*PROBLEM DETAILS*
Search the material below for lines containing the string "which", and copy every one you find.
------------------------------------------------
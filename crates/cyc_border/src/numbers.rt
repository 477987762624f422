//! The refusals as numbers.

ghost use Rattle.std.specs.Prelude.{◌≡◌, IsSome, IfSome};
ghost use Rattle.cyc_border.specs.Numbers.{number_of_refusal, answer_of, id_in_refusal, level_numbered, soft_named};
ghost use Rattle.cyc_border.specs.declared.numbers.Denied.TheVariants as denied;

use cyc_types::{Level, Refusal, Soft};

/// Why a call over the border was refused.
#[derive(Clone, Copy, Debug, PartialEq, Eq)]
pub enum Denied {
    /// The caller has not done what it owes: the handle is closed, an argument is out of its range, or the call out of turn.
    Misused,
    /// A cyclic here has this id.
    Taken,
    /// The library has refused.
    Refused(Refusal),
}

impl From<Refusal> for Denied {
    ghost from_gives = { λ refusal d. d ≡ denied.Refused refusal };

    fn from(refusal: Refusal) -> Denied {
        Denied::Refused(refusal)
    }
}

impl Denied {
    /// The number by which C tells it.
    pub fn number(&self) -> u32
        ensures { result ≡ number_of_refusal self.now }
    {
        match self {
            Denied::Misused => 64,
            Denied::Taken => 65,
            Denied::Refused(refusal) => u32::from(refusal.number()),
        }
    }

    /// The id that the refusal names, 0 where it names none.
    pub fn id(&self) -> u64
        ensures { result ≡ id_in_refusal self.now }
    {
        match self {
            Denied::Refused(Refusal::Busy(id)) => id.number(),
            Denied::Refused(Refusal::CountSpent(id)) => id.number(),
            Denied::Refused(Refusal::HandlerRefused(id)) => id.number(),
            _ => 0,
        }
    }
}

/// The level of this number: 0 low, 1 lock, 2 high.
pub fn level_of(number: u32) -> Option<Level>
    ensures { result ≡ level_numbered number }
{
    match number {
        0 => Some(Level::Low),
        1 => Some(Level::Lock),
        2 => Some(Level::High),
        _ => None,
    }
}

/// The soft level of this number: 0 low, 1 lock.
pub fn soft_of(number: u32) -> Option<Soft>
    ensures { result ≡ soft_named number }
{
    match number {
        0 => Some(Soft::Low),
        1 => Some(Soft::Lock),
        _ => None,
    }
}
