//! The firing side of a ring whose soft side another thread has.

ghost use Rattle.std.specs.Prelude.{◌≡◌, ◌≢◌, Some, None};
ghost use Rattle.std.specs.Option.{ForSome};
ghost use Rattle.cyc_ring.specs.Ends.{IsRaiseSeatOf};
ghost use Rattle.cyc_border.specs.Held.{view_in, step_in};

use cyc_ring::{RaiseEnd, RaiseSeat, Ring};
use cyc_types::{CyclicId, Index, Raise, Raised, Sent};
use std::alloc::Global;
use std::sync::Arc;

/// The firing side of a ring that it shares with the soft side: each call is that of a `RaiseEnd`, which is made for it of the
/// seat. The seat is there between any two calls.
#[derive(Drop)]
pub struct HeldEnd {
    pub(crate) ring: Arc<Ring, Global>,
    pub(crate) seat: Option<RaiseSeat>,
    ghost there: { seat ≢ None },
    ghost own: { ForSome seat (λ s. IsRaiseSeatOf ring.value s) },
}

impl Raise for HeldEnd {
    ghost view = { λ e. view_in e.seat };

    ghost step = { λ e call f. step_in e.seat call f.seat };

    fn law(&self) {
        match &self.seat {
            Some(seat) => seat.law(),
            None => unreachable!(),
        }
    }

    fn raise(&mut self, id: CyclicId) -> Raised {
        let seat = self.seat.take().unwrap();
        let mut end = RaiseEnd::new(&self.ring, seat);
        let answer = end.raise(id);
        self.seat = Some(end.into_seat());
        answer
    }

    fn admit(&mut self, id: CyclicId, index: Index) {
        let seat = self.seat.take().unwrap();
        let mut end = RaiseEnd::new(&self.ring, seat);
        end.admit(id, index);
        self.seat = Some(end.into_seat());
    }

    fn load_pend(&mut self, id: CyclicId) -> u32 {
        let seat = self.seat.take().unwrap();
        let mut end = RaiseEnd::new(&self.ring, seat);
        let answer = end.load_pend(id);
        self.seat = Some(end.into_seat());
        answer
    }

    fn mark(&mut self, id: CyclicId) -> u32 {
        let seat = self.seat.take().unwrap();
        let mut end = RaiseEnd::new(&self.ring, seat);
        let answer = end.mark(id);
        self.seat = Some(end.into_seat());
        answer
    }

    fn poll_clear(&mut self, id: CyclicId) -> Option<Sent> {
        let seat = self.seat.take().unwrap();
        let mut end = RaiseEnd::new(&self.ring, seat);
        let answer = end.poll_clear(id);
        self.seat = Some(end.into_seat());
        answer
    }

    fn expand(&mut self, bank: u8) {
        let seat = self.seat.take().unwrap();
        let mut end = RaiseEnd::new(&self.ring, seat);
        end.expand(bank);
        self.seat = Some(end.into_seat());
    }

    fn followed(&mut self) -> bool {
        let seat = self.seat.take().unwrap();
        let mut end = RaiseEnd::new(&self.ring, seat);
        let answer = end.followed();
        self.seat = Some(end.into_seat());
        answer
    }

    fn sent(&self, id: CyclicId) -> Sent {
        match &self.seat {
            Some(seat) => seat.sent(id),
            None => unreachable!(),
        }
    }
}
------------------------------------------------
*SOLUTION*
    /// The number by which C tells it.
/// The firing side of a ring that it shares with the soft side: each call is that of a `RaiseEnd`, which is made for it of the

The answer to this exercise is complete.